Extracted data entries:
***

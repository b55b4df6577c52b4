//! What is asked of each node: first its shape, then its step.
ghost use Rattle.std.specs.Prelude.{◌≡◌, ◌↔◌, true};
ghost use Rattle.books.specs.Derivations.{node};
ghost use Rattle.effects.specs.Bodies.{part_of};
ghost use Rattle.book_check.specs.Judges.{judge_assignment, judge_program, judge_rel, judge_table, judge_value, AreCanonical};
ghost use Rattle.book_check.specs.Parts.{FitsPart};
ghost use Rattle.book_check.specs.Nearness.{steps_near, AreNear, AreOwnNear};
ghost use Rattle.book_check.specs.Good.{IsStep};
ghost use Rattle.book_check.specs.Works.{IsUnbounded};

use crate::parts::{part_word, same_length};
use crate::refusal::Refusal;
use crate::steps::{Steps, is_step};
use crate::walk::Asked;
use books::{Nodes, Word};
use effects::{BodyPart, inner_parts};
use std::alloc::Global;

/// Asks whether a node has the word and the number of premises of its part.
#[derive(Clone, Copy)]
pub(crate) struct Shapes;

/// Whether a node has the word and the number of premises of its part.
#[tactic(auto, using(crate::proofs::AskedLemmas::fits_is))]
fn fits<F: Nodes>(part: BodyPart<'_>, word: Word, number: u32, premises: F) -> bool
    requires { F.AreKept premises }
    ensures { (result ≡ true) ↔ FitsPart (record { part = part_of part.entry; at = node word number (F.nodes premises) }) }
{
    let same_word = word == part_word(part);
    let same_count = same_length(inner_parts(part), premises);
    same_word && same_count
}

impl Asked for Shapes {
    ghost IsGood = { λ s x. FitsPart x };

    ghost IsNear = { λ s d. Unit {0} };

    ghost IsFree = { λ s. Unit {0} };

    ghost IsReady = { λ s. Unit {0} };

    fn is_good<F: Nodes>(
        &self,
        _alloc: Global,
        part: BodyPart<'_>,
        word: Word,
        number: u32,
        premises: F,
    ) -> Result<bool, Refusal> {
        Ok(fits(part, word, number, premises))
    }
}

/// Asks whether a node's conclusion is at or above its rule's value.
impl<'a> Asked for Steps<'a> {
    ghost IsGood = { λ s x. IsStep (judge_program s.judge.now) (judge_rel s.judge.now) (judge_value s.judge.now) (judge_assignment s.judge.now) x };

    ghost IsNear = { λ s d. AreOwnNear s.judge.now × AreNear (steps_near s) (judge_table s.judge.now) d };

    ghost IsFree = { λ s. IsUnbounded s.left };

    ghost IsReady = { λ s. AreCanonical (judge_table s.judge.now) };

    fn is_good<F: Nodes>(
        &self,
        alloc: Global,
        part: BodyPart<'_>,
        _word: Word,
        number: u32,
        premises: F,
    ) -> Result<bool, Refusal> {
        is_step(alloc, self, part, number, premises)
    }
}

***

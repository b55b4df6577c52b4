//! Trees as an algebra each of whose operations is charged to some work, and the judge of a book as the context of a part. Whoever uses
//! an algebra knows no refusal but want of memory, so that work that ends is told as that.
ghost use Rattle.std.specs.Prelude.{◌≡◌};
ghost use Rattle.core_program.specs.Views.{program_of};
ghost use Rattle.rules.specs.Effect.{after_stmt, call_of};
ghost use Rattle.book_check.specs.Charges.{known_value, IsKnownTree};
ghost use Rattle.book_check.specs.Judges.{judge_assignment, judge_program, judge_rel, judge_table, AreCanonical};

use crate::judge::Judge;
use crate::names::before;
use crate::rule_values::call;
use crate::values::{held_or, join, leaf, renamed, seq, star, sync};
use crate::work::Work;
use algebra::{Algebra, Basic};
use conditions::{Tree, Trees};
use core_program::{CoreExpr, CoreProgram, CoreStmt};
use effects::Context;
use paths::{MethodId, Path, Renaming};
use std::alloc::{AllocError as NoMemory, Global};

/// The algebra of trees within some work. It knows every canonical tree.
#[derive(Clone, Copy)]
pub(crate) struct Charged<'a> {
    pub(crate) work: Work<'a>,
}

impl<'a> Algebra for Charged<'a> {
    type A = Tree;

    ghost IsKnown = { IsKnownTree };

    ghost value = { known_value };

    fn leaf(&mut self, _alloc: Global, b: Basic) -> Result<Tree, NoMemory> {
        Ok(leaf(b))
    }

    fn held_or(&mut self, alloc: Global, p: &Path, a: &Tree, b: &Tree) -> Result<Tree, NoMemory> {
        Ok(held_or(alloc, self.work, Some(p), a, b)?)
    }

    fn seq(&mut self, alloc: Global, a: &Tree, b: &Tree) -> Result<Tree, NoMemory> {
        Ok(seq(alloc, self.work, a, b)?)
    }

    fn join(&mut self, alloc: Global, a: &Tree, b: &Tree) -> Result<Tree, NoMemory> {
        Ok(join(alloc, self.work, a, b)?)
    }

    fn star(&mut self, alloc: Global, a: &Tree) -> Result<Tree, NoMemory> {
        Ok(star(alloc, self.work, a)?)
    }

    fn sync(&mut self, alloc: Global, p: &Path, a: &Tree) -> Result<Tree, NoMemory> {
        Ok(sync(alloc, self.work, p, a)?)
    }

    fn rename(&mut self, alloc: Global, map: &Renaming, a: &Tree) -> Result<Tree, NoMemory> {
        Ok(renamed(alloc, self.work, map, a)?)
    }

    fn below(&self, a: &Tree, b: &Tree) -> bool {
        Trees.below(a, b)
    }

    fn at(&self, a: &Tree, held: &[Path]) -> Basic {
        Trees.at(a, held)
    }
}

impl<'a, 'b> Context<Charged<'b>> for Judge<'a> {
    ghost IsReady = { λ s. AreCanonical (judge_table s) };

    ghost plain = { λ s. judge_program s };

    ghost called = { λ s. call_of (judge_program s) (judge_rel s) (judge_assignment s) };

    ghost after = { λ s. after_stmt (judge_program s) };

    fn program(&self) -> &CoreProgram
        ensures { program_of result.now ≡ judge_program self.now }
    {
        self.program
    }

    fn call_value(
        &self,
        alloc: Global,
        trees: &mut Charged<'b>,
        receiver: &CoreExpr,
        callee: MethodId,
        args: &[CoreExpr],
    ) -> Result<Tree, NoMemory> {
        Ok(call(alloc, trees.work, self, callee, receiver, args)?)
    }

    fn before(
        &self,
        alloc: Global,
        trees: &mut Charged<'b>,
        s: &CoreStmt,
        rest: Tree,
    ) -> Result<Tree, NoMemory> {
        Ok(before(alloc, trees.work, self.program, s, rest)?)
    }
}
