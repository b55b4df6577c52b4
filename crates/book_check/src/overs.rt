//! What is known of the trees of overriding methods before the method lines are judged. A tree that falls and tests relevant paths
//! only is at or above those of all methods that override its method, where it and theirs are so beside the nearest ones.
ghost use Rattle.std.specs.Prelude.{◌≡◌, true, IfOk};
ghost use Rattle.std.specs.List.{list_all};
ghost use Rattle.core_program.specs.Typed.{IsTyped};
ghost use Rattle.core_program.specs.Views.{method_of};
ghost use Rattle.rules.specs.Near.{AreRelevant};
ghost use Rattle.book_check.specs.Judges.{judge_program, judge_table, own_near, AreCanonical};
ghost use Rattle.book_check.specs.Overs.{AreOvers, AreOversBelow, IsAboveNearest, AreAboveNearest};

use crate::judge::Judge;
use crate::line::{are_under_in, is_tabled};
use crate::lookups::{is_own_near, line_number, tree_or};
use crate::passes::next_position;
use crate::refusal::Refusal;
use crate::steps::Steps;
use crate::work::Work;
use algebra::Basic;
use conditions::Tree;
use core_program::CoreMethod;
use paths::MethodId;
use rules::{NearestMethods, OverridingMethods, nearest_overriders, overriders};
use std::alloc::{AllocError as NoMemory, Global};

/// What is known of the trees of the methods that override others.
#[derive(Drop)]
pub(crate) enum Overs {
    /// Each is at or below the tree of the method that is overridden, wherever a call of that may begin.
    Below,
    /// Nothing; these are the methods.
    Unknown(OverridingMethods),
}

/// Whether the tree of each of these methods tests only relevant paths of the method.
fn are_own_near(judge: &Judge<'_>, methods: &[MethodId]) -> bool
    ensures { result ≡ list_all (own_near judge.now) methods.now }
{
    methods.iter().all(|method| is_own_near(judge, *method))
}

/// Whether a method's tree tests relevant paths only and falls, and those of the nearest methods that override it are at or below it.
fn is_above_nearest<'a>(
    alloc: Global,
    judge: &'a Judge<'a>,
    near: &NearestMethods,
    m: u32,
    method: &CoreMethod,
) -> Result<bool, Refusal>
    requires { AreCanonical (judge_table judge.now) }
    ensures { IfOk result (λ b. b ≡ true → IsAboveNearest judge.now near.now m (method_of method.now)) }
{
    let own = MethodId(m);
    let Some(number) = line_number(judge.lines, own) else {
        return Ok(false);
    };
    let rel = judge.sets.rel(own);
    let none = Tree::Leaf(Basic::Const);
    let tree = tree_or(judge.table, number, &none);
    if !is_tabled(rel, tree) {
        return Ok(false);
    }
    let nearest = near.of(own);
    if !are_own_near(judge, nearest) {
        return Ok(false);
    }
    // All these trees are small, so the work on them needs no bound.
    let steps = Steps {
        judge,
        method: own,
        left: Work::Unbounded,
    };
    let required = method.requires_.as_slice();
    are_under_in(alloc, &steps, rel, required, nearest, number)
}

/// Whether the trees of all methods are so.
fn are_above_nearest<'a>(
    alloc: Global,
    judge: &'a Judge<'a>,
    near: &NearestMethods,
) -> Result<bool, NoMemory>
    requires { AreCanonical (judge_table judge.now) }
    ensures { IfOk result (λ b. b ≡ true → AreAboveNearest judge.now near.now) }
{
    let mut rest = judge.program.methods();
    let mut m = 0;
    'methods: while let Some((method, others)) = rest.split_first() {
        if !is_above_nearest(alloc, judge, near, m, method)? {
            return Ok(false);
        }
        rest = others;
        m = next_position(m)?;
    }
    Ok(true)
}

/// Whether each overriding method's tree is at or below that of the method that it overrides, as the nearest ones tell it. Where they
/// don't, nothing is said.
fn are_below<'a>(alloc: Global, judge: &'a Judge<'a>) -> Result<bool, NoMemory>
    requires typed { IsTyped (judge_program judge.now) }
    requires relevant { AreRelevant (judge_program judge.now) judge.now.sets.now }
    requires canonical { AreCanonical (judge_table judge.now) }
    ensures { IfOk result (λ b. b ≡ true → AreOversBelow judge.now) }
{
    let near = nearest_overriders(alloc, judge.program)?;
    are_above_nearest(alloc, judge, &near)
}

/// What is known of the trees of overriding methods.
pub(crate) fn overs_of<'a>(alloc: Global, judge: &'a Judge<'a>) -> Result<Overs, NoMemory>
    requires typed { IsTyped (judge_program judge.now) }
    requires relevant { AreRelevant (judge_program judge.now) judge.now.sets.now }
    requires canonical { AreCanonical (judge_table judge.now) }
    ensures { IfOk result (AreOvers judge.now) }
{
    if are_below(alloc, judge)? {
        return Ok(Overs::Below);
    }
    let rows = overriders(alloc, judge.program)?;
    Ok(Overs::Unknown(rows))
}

***

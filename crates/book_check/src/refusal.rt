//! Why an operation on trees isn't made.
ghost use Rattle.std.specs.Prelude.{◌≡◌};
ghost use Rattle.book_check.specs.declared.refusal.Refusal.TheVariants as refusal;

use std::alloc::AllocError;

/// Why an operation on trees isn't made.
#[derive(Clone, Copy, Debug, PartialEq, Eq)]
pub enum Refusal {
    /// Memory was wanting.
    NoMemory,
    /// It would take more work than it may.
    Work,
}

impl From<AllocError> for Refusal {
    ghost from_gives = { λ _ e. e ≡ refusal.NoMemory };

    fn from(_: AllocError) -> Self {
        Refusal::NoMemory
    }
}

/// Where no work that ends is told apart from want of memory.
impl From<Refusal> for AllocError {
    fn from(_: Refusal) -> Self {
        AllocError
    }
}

***

TASK DESCRIPTION: Filter the records for the word "rules" and show every line that has it.

YOUR RESPONSE:
ghost use Rattle.rules.specs.Effect.{after_stmt, call_of};
ghost use Rattle.rules.specs.Near.{AreRelevant};
use rules::{NearestMethods, OverridingMethods, nearest_overriders, overriders};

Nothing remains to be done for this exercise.